• Work to complete
Could you repeat the whole listing below exactly as it stands?

• Exercise data

//! Manifests of extensions: what they hold, and whom they admit from outside.
#![tactic(auto)]

mod connectable;
mod extension;
mod faults;
mod ids;
mod keys;
mod patterns;

pub use extension::Extension;
pub use faults::{Key, ManifestFault};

• Answer for the task
//! Manifests of extensions: what they hold, and whom they admit from outside.
#![tactic(auto)]

mod connectable;
mod extension;
mod faults;
mod ids;
mod keys;
mod patterns;

pub use extension::Extension;
pub use faults::{Key, ManifestFault};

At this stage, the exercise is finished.